■ **WORK REQUIRED**
Determine how many lines in the material below contain the string "tells", then state only that count.
--- DATASET EXTRACT Enclosed Below ---
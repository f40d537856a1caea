//! Lives of a daemon, one after the other.

ghost use Rattle.std.specs.Prelude.{◌≡◌, ◌↔◌, IsTrue, None};
ghost use Rattle.swim_evidence.specs.Following.{Follows, NextDraw, NextLife};

use swim_history::{Opening, Row};
use thiserror::Error;

/// From what a life draws orders and places.
#[derive(Clone, Copy, Debug, PartialEq, Eq)]
pub struct Draw {
    /// The seed.
    pub key: [u8; 32],
    /// The number of the life, whose stream of the seed it is.
    pub life: u64,
}

/// What the header of a journal file tells beside its opening.
#[derive(Clone, Copy, Debug, Default, PartialEq, Eq)]
pub struct Heading {
    /// How many entries the journal may have.
    pub limit: u32,
    /// From what it draws; `None` where it tells no seed.
    pub draw: Option<Draw>,
}

/// In what a life isn't the one that follows another. The first that applies is told.
#[derive(Clone, Copy, Debug, PartialEq, Eq, Error)]
pub enum Break {
    #[error("it is another member's")]
    Member,
    #[error("another number of relays is asked")]
    Relays,
    #[error("the timeout or the period is another")]
    Timing,
    #[error("the version of its own messages is another")]
    Version,
    /// Members, their addresses, their states or their order.
    #[error("the members aren't those that were left")]
    Rows,
    #[error("the last period number isn't the one that was left")]
    Last,
    #[error("the journal may have another number of entries")]
    Limit,
    #[error("the seed is another")]
    Seed,
    #[error("its life isn't the next")]
    Life,
}

/// In what an opening, and what stands beside it, isn't that of the life which follows one that left this: the opening
/// is what was left, the limit is the same, and where both tell from what they draw, the seed is the same and the life
/// the next. `None` where it is.
pub fn first_break(
    left: &Opening,
    before: &Heading,
    opening: &Opening,
    heading: &Heading,
) -> Option<Break>
    ensures { (result ≡ None) ↔ Follows left.now before.now opening.now heading.now }
{
    match opening_break(left, opening) {
        Some(met) => Some(met),
        None => heading_break(before, heading),
    }
}

/// In what an opening isn't what a life left.
#[tactic(auto, using(crate::proofs::Settings::same_setting))]
fn opening_break(left: &Opening, opening: &Opening) -> Option<Break>
    ensures { (result ≡ None) ↔ (opening.now ≡ left.now) }
{
    if opening.me() != left.me() {
        return Some(Break::Member);
    }
    if opening.k() != left.k() {
        return Some(Break::Relays);
    }
    if opening.rtt() != left.rtt() || opening.period() != left.period() {
        return Some(Break::Timing);
    }
    if opening.version() != left.version() {
        return Some(Break::Version);
    }
    if !are_same(opening.rows(), left.rows()) {
        return Some(Break::Rows);
    }
    if opening.last() != left.last() {
        return Some(Break::Last);
    }
    None
}

/// Whether these are the same rows in the same order.
fn are_same(rows: &[Row], others: &[Row]) -> bool
    ensures { IsTrue result ↔ (rows.now ≡ others.now) }
{
    match rows {
        [] => others.is_empty(),
        [first, more @ ..] => match others {
            [] => false,
            [other, others @ ..] => is_same(*first, *other) && are_same(more, others),
        },
    }
}

fn is_same(row: Row, other: Row) -> bool
    ensures { IsTrue result ↔ (row ≡ other) }
{
    row == other
}

/// The same of what stands beside the opening. Where one of them tells no seed, the seeds aren't compared.
fn heading_break(before: &Heading, heading: &Heading) -> Option<Break>
    ensures { (result ≡ None) ↔ NextLife before.now heading.now }
{
    if heading.limit != before.limit {
        return Some(Break::Limit);
    }
    match (&before.draw, &heading.draw) {
        (Some(before), Some(draw)) => draw_break(before, draw),
        _ => None,
    }
}

fn draw_break(before: &Draw, draw: &Draw) -> Option<Break>
    ensures { (result ≡ None) ↔ NextDraw before.now draw.now }
{
    if draw.key != before.key {
        return Some(Break::Seed);
    }
    if draw.life.checked_sub(1) != Some(before.life) {
        return Some(Break::Life);
    }
    None
}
--- End of Enclosed DATASET EXTRACT ---
■ **SOLVED EXERCISE**
3